By Predictive Pick | November 12, 2025
EMA (Exponential Moving Average): The 50-day EMA has recently crossed above the 200-day EMA, forming a bullish golden cross, signaling potential upward momentum in the stock price.
RSI (Relative Strength Index): The RSI is around 62, indicating bullish momentum without being overbought. An RSI between 50–70 generally signals room for continued growth.
Support & Resistance Levels: Strong support is near $860–$870, and resistance lies around $900–$915. A breakout above $915 could trigger further gains.
U.S. Healthcare Tailwinds: Specialty drugs and medical supply demand continues to rise, supporting revenue growth.
Raised Guidance: McKesson recently upgraded its fiscal 2026 profit forecast, showing confidence in its outlook.
Analyst Optimism: Several U.S. investment firms raised price targets, citing both strong fundamentals and technical momentum.
Technical Momentum: EMA golden cross and RSI in bullish range indicate potential short-term upside.
U.S. healthcare policy changes (drug pricing, regulations) could impact margins.
Technical pullbacks may occur if RSI approaches overbought levels above 70.
Broader market volatility may temporarily affect the stock despite strong sector fundamentals.
Based on technical indicators and fundamental tailwinds, MCK shows strong potential for near-term growth. Traders could consider buying near $860–$870 support, aiming for potential upside toward $900–$915 in the coming weeks.

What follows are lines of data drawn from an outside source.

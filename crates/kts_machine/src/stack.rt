ghost use Rattle.std.specs.Prelude.{◌≡◌, ◌<◌, ◌≤◌, ◌+◌, [], ◌∷◌, length, drop, slice_get, option_map, nat_lt, true, false, IfOk};
ghost use Rattle.kts_machine.specs.OperandViews.{shown};

use crate::operand::Operand;
use kts_abs::Tri;
use kts_base::NoMemory;
use std::alloc::Global;
use std::marker::Model;

/// An operand stack whose places are taken when it is made.
#[derive(Drop)]
pub struct Stack<const W: usize> {
    places: Vec<Operand<W>>,
    used: usize,
}

impl<const W: usize> Model for Stack<W> {
    ghost use Rattle.std.specs.Prelude.{◌≤◌, map, reverse, take, length};
    ghost use Rattle.kts_machine.specs.Parts.{Operands};

    ghost Value = { Operands };

    ghost use Rattle.kts_machine.specs.OperandViews.{shown};

    ghost view = { λ s. record { room = length s.places.items; items = map shown (reverse (take s.used s.places.items)) } };

    ghost invariant = { λ s. s.used ≤ length s.places.items };
}

impl<const W: usize> Stack<W> {
    pub fn new(alloc: Global, room: usize) -> Result<Stack<W>, NoMemory>
        ensures { IfOk result (λ s. s ≡ record { room = room; items = [] }) }
    {
        let mut places = Vec::new(alloc);
        for _ in 0..room {
            if places.push(Operand::Truth(Tri::U)).is_err() {
                return Err(NoMemory);
            }
        }
        Ok(Stack { places, used: 0 })
    }

    #[inline(always)]
    pub fn len(&self) -> usize
        ensures { result ≡ length self.now.items }
    {
        self.used
    }

    #[inline(always)]
    pub fn room(&self) -> usize
        ensures { result ≡ self.now.room }
    {
        self.places.len()
    }

    /// How many places are free.
    #[inline(always)]
    pub fn room_left(&self) -> usize
        ensures { length self.now.items + result ≡ self.now.room }
    {
        self.places.len() - self.used
    }

    /// The operand below `depth` others.
    #[inline(always)]
    pub fn at(&self, depth: usize) -> Option<Operand<W>>
        ensures { option_map shown result ≡ slice_get self.now.items depth }
    {
        if depth < self.used {
            Some(self.places[self.used - 1 - depth])
        } else {
            None
        }
    }

    #[inline(always)]
    pub fn push(&mut self, x: Operand<W>)
        requires { length self.old.items < self.old.room }
        ensures { self.new ≡ record self.old { items = shown x.entry ∷ self.old.items } }
    {
        self.places[self.used] = x;
        self.used += 1;
    }

    /// The operand in the place of so many topmost ones, where that leaves room for it; whether it does.
    #[inline(always)]
    pub fn replace(&mut self, count: usize, x: Operand<W>) -> bool
        requires { count ≤ length self.old.items }
        ensures fits { result ≡ nat_lt (length (drop count self.old.items)) self.old.room }
        ensures done { result ≡ true → self.new ≡ record self.old { items = shown x.entry ∷ drop count self.old.items } }
        ensures full { result ≡ false → self.new ≡ self.old }
    {
        if self.used - count < self.room() {
            self.drop_top(count);
            self.push(x);
            true
        } else {
            false
        }
    }

    #[inline(always)]
    pub fn drop_top(&mut self, count: usize)
        requires { count ≤ length self.old.items }
        ensures { self.new ≡ record self.old { items = drop count self.old.items } }
    {
        self.used -= count;
    }

    #[inline(always)]
    pub fn clear(&mut self)
        ensures { self.new ≡ record self.old { items = [] } }
    {
        self.used = 0;
    }
}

McKesson offers a combination of solid U.S. healthcare fundamentals and favorable technical signals. The EMA golden cross and bullish RSI suggest the stock could experience near-term gains, making it attractive for U.S. investors and short-term traders looking for exposure to the healthcare sector.
Investment View: Moderate Buy - strong technical and fundamental setup for short-term upside.
Disclaimer:
This article is for informational purposes only and is not financial advice. Always conduct your own research or consult a licensed financial advisor before investing.